[Exercise brief]:
Exactly the lines from the start of the data through the line containing "is not open." should be output, with both ends kept and nothing added.

++++++++++

//! A log's records from the first to the last.
ghost use Rattle.std.specs.Prelude.{◌≡◌, ◌⊎◌, ◌^◌, ◌<◌, ◌≤◌, List, ℕ, Some, None, IfErr, IfOk, OnOk};
ghost use Rattle.ipc_log_disk.specs.Below.{IsOfDisk};
ghost use Rattle.ipc_log_disk.specs.Crashes.{Among, Elapses, Only};
ghost use Rattle.ipc_io.specs.Outside.{Rose};
ghost use Rattle.ipc_record_log.specs.Logs.{IsLog, OnlyReads, invalid_log};
ghost use Rattle.ipc_record_log.specs.Records.{log_records};
ghost use Rattle.arrow_spec.specs.declared.error.IpcError.TheVariants.{Memory, ReadFault};

use crate::Span;
use crate::reads::{has_magic, record_at, size_of};
use arrow_spec::IpcError;
use ipc_log_disk::LogDisk;
use std::alloc::Global;

/// Where the records of a log stand, and the closed gate behind them.
#[derive(Drop)]
pub(crate) struct Walk {
    pub(crate) spans: Vec<Span>,
    pub(crate) end: u64,
}

/// Goes over a log's records up to the gate that is not open.
fn walk_records<D: LogDisk>(alloc: Global, disk: &mut D) -> Result<Walk, IpcError>
    ensures near { IfOk result (λ w. w.end < 2 ^ 63) }
    ensures walked { IfOk result (λ w. (b : List ℕ) → D.content disk.old ≡ Some b → IsLog b w.spans.items w.end) }
    ensures kept { OnlyReads D.content D.images D.moment D.images_since D.faults D.wants D.references disk.old disk.new }
    ensures err { IfErr result (λ e. (e ≡ Memory) ⊎ ((e ≡ ReadFault) × Rose (D.faults disk.old) (D.faults disk.new))
        ⊎ ((e ≡ invalid_log) × ((b : List ℕ) → D.content disk.old ≡ Some b → log_records b ≡ None))) }
{
    let size = size_of(disk)?;
    has_magic(disk, size)?;
    let mut spans = Vec::new(alloc);
    let mut at = 8;
    while let Some(length) = record_at(disk, at, size)? {
        spans.push(Span {
            at: at + 16,
            length,
        })?;
        at += 16 + length;
    }
    Ok(Walk { spans, end: at })
}

/// Syncs, so that what is read is what a crash leaves, and goes over the records.
pub(crate) fn synced_walk<D: LogDisk>(alloc: Global, disk: &mut D) -> Result<Walk, IpcError>
    ensures near { IfOk result (λ w. w.end < 2 ^ 63) }
    ensures walked { IfOk result (λ w. (b : List ℕ) → D.content disk.old ≡ Some b → IsLog b w.spans.items w.end) }
    ensures content { OnOk result (D.content disk.new ≡ D.content disk.old) }
    ensures durable { OnOk result (Only (D.content disk.new) (D.images disk.new)) }
    ensures since { Among (D.images disk.old) (D.images_since disk.new (D.moment disk.old)) }
    ensures time { Elapses (D.moment disk.old) (D.moment disk.new) (D.images_since disk.old) (D.images_since disk.new) }
    ensures err { IfErr result (λ e. (e ≡ Memory) ⊎ IsOfDisk e (D.faults disk.old) (D.faults disk.new) (D.wants disk.old) (D.wants disk.new)
        ⊎ ((e ≡ ReadFault) × Rose (D.faults disk.old) (D.faults disk.new))
        ⊎ ((e ≡ invalid_log) × ((b : List ℕ) → D.content disk.old ≡ Some b → log_records b ≡ None))) }
    ensures left { IfErr result (λ e. IsOfDisk e (D.faults disk.old) (D.faults disk.new) (D.wants disk.old) (D.wants disk.new) ⊎ (D.content disk.new ≡ D.content disk.old)) }
    ensures later { D.faults disk.old ≤ D.faults disk.new }
    ensures same_references { D.references disk.new ≡ D.references disk.old }
{
    disk.sync()?;
    walk_records(alloc, disk)
}
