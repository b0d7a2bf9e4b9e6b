//! A log of records on a disk that may crash: after a crash it has the records that were acknowledged, and at most one more, whole.
#![tactic(auto)]

mod begin;
mod framing;
mod reads;
mod record_log;
mod span;
mod walk;
mod writes;

pub use record_log::{RecordLog, append_all};
pub use span::Span;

++++++++++

[Result for this task]:
//! A log's records from the first to the last.
ghost use Rattle.std.specs.Prelude.{◌≡◌, ◌⊎◌, ◌^◌, ◌<◌, ◌≤◌, List, ℕ, Some, None, IfErr, IfOk, OnOk};
ghost use Rattle.ipc_log_disk.specs.Below.{IsOfDisk};
ghost use Rattle.ipc_log_disk.specs.Crashes.{Among, Elapses, Only};
ghost use Rattle.ipc_io.specs.Outside.{Rose};
ghost use Rattle.ipc_record_log.specs.Logs.{IsLog, OnlyReads, invalid_log};
ghost use Rattle.ipc_record_log.specs.Records.{log_records};
ghost use Rattle.arrow_spec.specs.declared.error.IpcError.TheVariants.{Memory, ReadFault};

use crate::Span;
use crate::reads::{has_magic, record_at, size_of};
use arrow_spec::IpcError;
use ipc_log_disk::LogDisk;
use std::alloc::Global;

/// Where the records of a log stand, and the closed gate behind them.
#[derive(Drop)]
pub(crate) struct Walk {
    pub(crate) spans: Vec<Span>,
    pub(crate) end: u64,
}

/// Goes over a log's records up to the gate that is not open.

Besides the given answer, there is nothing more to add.